*** Source information Section Begins ***

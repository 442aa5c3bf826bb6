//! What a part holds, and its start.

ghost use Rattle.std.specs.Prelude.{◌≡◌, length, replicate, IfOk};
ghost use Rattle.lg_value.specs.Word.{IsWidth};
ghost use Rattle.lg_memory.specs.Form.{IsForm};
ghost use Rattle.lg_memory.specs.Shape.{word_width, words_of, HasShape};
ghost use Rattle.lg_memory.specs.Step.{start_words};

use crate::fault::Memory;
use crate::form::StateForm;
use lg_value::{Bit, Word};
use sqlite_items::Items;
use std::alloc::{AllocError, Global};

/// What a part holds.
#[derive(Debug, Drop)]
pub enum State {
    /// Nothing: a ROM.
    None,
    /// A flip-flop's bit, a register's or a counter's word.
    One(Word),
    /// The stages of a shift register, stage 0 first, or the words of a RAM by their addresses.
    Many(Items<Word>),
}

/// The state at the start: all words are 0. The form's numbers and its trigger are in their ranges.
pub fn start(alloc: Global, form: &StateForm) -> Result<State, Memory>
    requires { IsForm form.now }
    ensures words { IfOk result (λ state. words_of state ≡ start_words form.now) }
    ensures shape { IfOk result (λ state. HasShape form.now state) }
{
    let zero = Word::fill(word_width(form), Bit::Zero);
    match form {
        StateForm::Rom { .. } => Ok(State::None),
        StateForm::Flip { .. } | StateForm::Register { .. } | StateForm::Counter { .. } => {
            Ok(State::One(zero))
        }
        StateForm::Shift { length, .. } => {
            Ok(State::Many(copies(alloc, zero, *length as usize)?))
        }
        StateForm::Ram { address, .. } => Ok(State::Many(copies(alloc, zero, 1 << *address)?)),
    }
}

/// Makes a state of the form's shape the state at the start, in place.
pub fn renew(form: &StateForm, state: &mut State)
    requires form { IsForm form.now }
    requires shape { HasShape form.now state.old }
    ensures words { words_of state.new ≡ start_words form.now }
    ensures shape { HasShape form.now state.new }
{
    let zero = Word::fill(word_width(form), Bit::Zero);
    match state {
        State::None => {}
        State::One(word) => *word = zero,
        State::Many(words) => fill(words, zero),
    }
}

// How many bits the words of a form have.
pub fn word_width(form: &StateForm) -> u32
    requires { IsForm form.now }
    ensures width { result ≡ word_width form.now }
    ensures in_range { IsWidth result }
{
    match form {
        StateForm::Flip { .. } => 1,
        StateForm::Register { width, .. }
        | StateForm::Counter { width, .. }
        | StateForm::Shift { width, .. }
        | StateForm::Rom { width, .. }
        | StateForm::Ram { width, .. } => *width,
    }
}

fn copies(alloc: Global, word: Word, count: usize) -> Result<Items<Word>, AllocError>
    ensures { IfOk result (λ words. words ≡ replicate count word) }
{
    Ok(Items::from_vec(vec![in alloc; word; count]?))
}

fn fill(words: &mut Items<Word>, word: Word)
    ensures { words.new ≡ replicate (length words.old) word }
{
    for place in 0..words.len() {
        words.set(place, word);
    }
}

*** Source information Section Ends ***
*** Source information Section Begins ***

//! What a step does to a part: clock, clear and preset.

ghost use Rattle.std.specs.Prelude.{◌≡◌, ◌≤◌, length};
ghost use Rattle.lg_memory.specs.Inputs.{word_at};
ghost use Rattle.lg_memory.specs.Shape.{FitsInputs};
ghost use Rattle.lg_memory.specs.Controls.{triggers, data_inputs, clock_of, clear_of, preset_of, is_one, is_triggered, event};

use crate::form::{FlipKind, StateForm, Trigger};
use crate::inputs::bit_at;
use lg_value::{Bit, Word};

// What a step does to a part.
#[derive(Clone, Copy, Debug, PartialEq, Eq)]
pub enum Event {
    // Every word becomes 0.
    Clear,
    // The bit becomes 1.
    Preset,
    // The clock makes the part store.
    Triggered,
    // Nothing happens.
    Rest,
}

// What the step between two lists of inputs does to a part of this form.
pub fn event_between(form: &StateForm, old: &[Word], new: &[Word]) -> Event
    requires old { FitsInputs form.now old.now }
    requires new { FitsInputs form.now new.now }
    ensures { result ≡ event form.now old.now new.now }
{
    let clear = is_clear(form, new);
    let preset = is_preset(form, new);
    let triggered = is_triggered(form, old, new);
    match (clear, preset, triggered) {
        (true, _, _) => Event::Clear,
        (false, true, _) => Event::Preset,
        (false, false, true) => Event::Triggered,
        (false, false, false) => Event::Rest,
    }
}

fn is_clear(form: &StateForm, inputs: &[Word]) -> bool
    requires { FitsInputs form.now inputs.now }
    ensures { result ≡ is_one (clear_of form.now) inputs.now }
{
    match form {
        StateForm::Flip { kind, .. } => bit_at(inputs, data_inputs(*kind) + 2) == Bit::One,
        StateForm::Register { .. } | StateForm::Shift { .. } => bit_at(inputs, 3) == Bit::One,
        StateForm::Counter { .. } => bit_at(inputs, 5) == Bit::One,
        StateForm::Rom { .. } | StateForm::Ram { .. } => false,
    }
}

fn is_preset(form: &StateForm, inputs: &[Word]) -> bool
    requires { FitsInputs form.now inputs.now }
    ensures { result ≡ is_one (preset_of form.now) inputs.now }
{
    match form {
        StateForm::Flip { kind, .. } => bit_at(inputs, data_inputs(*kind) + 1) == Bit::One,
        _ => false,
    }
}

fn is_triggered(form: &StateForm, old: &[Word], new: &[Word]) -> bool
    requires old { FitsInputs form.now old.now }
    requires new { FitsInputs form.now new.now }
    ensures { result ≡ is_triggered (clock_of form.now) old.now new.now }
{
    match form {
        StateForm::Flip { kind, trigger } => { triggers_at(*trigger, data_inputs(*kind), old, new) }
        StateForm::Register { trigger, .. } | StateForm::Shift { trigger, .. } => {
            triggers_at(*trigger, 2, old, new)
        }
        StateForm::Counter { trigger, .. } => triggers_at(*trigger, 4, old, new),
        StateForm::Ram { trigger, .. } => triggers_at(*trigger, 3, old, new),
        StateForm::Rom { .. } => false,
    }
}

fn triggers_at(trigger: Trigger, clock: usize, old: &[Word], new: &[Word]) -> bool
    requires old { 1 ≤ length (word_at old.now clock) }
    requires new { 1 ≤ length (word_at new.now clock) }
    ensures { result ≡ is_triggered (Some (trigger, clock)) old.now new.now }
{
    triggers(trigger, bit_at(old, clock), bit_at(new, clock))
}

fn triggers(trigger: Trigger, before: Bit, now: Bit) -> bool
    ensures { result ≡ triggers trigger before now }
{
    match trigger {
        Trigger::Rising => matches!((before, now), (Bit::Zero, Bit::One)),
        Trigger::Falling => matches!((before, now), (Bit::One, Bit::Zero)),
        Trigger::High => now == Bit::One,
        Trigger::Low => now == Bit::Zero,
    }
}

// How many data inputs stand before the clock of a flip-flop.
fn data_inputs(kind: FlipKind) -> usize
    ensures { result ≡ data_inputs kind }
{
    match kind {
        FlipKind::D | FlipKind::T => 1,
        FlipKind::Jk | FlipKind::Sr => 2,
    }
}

*** Source information Section Ends ***

• **Description of the task**: Report each line of the data that includes the string "alloc".

• **Solved problem**:
use std::alloc::{AllocError, Global};
pub fn start(alloc: Global, form: &StateForm) -> Result<State, Memory>
            Ok(State::Many(copies(alloc, zero, *length as usize)?))
        StateForm::Ram { address, .. } => Ok(State::Many(copies(alloc, zero, 1 << *address)?)),
fn copies(alloc: Global, word: Word, count: usize) -> Result<Items<Word>, AllocError>
    Ok(Items::from_vec(vec![in alloc; word; count]?))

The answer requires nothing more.